S’il y a bien sûr des fonctions critiques qu’il est normal d’évaluer finement grâce à des barèmes précis, pour des compétences plus générales, il est bon de s’en remettre à une approche plus humaine, qui repose sur l’appréciation d’experts-métiers, de pairs, de managers ou d’autres formateurs… Ils ont en effet un rôle crucial à jouer dans le développement des compétences de leurs collaborateurs et équipes, et ce sont eux les mieux placés pour évaluer (apprécier) les compétences de leurs collaborateurs.
De plus, on n’évalue pas une compétence, on évalue un niveau de maîtrise d’une compétence, car ce niveau est rattaché à des tâches opérationnelles que la personne sait ou ne sait pas faire.
4.1 Conseil : laissez beaucoup de place à la pratique
La pratique est bien sûr indispensable et il est important de la favoriser dans son écosystème. Les apprenants doivent pouvoir essayer, échouer et apprendre, obtenir des retours d’experts-métier ou managers, trouver et participer à de vrais projets… afin que l’on ait plus d’éléments permettant d’apprécier les compétences. Et même si l’appréciation n’est pas parfaite, ce n’est pas grave, c’est la somme des appréciations et des données relevées au niveau global d’une entreprise, qui permettront de dégager les tendances et la stratégie.

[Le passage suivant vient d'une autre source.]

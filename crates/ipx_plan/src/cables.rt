//! What becomes of cables.
ghost use Rattle.std.specs.Prelude.{◌≡◌};
ghost use Rattle.std.specs.List.{list_any};
ghost use Rattle.ipx_plan.specs.Cables.{is_as_before, first_on, shared_cable, own_cable, cable, is_first_on_cable, is_kept_of, is_closed};

use crate::carrier::Carrier;
use crate::likeness::{is_card, is_shared, same_carrier, same_link};
use crate::link::Link;
use crate::origin::Cable;
use crate::pairing::is_number;

/// Whether a link is carried as the one that it continues.
pub(crate) fn is_as_before(before: Option<Link>, link: Link) -> bool
    ensures { result ≡ is_as_before before link }
{
    match before {
        Some(before) => {
            same_link(before, link)
                && (!is_card(link.carrier) || before.is_of_several == link.is_of_several)
        }
        None => false,
    }
}

/// The cable of new link k.
pub(crate) fn cable(
    old: &[Link],
    new: &[Link],
    was: Option<usize>,
    as_before: bool,
    k: usize,
    link: Link,
) -> Cable
    ensures { result ≡ cable old.now new.now was as_before k link }
{
    if is_shared(link.carrier) {
        shared_cable(first_on(link.carrier, old), first_on(link.carrier, new), k)
    } else {
        own_cable(was, as_before, k)
    }
}

fn first_on(carrier: Carrier, links: &[Link]) -> Option<usize>
    ensures { result ≡ first_on carrier links.now }
{
    links
        .iter()
        .position(|link| same_carrier(link.carrier, carrier))
}

fn shared_cable(kept: Option<usize>, first: Option<usize>, k: usize) -> Cable
    ensures { result ≡ shared_cable kept first k }
{
    match (kept, first) {
        (Some(j), _) => Cable::Kept(j),
        (None, Some(i)) => Cable::Opened(i),
        (None, None) => Cable::Opened(k),
    }
}

fn own_cable(was: Option<usize>, as_before: bool, k: usize) -> Cable
    ensures { result ≡ own_cable was as_before k }
{
    match was {
        Some(j) if as_before => Cable::Kept(j),
        _ => Cable::Opened(k),
    }
}

/// Whether the cable of old link j is closed.
pub(crate) fn is_closed(old: &[Link], cables: &[Cable], j: usize, link: Link) -> bool
    ensures { result ≡ is_closed old.now cables.now j link }
{
    is_first_on_cable(old, j, link) && !is_kept(cables, j)
}

/// Whether a new link has the cable of old link j.
fn is_kept(cables: &[Cable], j: usize) -> bool
    ensures { result ≡ list_any (is_kept_of j) cables.now }
{
    cables.iter().any(|cable| is_kept_of(j, *cable))
}

fn is_first_on_cable(links: &[Link], j: usize, link: Link) -> bool
    ensures { result ≡ is_first_on_cable links.now j link }
{
    !is_shared(link.carrier) || is_number(j, first_on(link.carrier, links))
}

fn is_kept_of(j: usize, cable: Cable) -> bool
    ensures { result ≡ is_kept_of j cable }
{
    match cable {
        Cable::Kept(i) => i == j,
        Cable::Opened(_) => false,
    }
}
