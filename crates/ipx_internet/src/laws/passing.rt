//! What a program that lets seconds pass may conclude of all of them.
ghost use Rattle.std.specs.Prelude.{◌≡◌, ℕ, ◌+◌};
ghost use Rattle.ipx_internet.specs.Moment.{Moment, net_at};
ghost use Rattle.ipx_internet.specs.Passed.{HasTicked};

/// Ticks of an internet in memory add up: what `Internet::second` says about each of several seconds (`ticked`) holds for all of them
/// together. So a loop over seconds can carry one fact, and at its end the laws of ticks apply.
pub fn seconds_pass()
    ensures at_first { (most_routes most_services : ℕ) (m : Moment) → HasTicked most_routes most_services 0 m m }
    ensures one_more { (most_routes most_services n : ℕ) (old now new : Moment) → net_at now ≡ net_at old → HasTicked most_routes most_services n old now
        → HasTicked most_routes most_services 1 now new → HasTicked most_routes most_services (n + 1) old new }
{}
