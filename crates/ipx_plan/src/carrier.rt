//! What carries links.
ghost use Rattle.std.specs.Prelude.{◌≡◌};
ghost use Rattle.ipx_plan.specs.declared.carrier.Carrier.TheVariants.{Own};

/// What carries a link. Carriers are the same if all that they say is equal.
///
/// See the example of [`Plan`](crate::Plan).
#[derive(Clone, Copy, Debug, PartialEq, Eq)]
pub enum Carrier {
    /// DOSBox's tunnel.
    Tunnel {
        /// Its UDP port; 0 where it takes whichever is free.
        port: u16,
        /// A number for its address.
        address: u32,
    },
    /// A network card, by a number for its name: each network there opens a socket of its own.
    Card(u32),
    /// A socket, a connection or a TAP, by a number for its addresses or its name: it is opened once for all networks on it.
    Shared(u32),
    /// A socket at whichever port is free, by a number for its addresses: each link opens its own.
    Own(u32),
}

impl Default for Carrier {
    fn default() -> Carrier
        ensures { result ≡ Own 0 }
    {
        Carrier::Own(0)
    }
}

5. Architecture technique et analyse de données
C’est sans doute la partie la plus importante, celle sans qui nous avancerions véritablement les yeux fermés dans la salle déjà très mal éclairée de la gestion des compétences.
D’abord parce que ce sont les données, et les possibilités en matière d’analyse de données, qui vont guider votre approche. Si la première question à se poser au moment d’envisager une approche basée sur les compétences est : « Quel est mon objectif avec cette approche ? », la deuxième serait : « Comment est-ce que je mesure d’éventuels progrès relatifs à cet objectif ? ». La partie pédagogique et d’évaluation de l’approche n’est finalement qu’un moyen d’obtenir des données permettant de répondre à cette deuxième question.
Les Learning analytics, c’est répondre à une troisième question : « Quels résultats ai-je obtenus ? ». On vous en parle dans cet article.
Deuxièmement, parce que sans une architecture de données capable de soutenir le dispositif, il n’y a pas de dispositif. Une approche d’écosystème peut notamment grandement aider une entreprise à faire sens de toutes ces données en tentant de poser un cadre de jeu (comme la norme xAPI et cmi5) entre les différents échanges de données.
5.1 Conseil : adoptez une approche itérative (Test & Learn)
Une approche itérative peut être un bon moyen de construire progressivement une démarche basée sur la donnée. Elle vous permet d’améliorer graduellement l’approche et le cadre d’analyse. Si les choses se font dans le bon ordre, elles se feront naturellement avec le temps.

6. En bref, tout part d’objectifs concrets
Pour qu’une approche basée sur les « compétences » soit réussie, il faut toujours partir d’un objectif organisationnel concret, d’une stratégie d’entreprise et surtout accepter de ne pas faire les choses parfaitement dès le premier coup.
Du choix, de la création du référentiel à la mise en place du cadre d’analyse, ce sont le ou les objectif(s) business qui vont conditionner tout le développement de votre dispositif de formation basé sur les compétences. C’est aussi là que réside l’intérêt, à une époque où l’on demande de plus en plus aux départements L&D d’être « HR Business Partner ».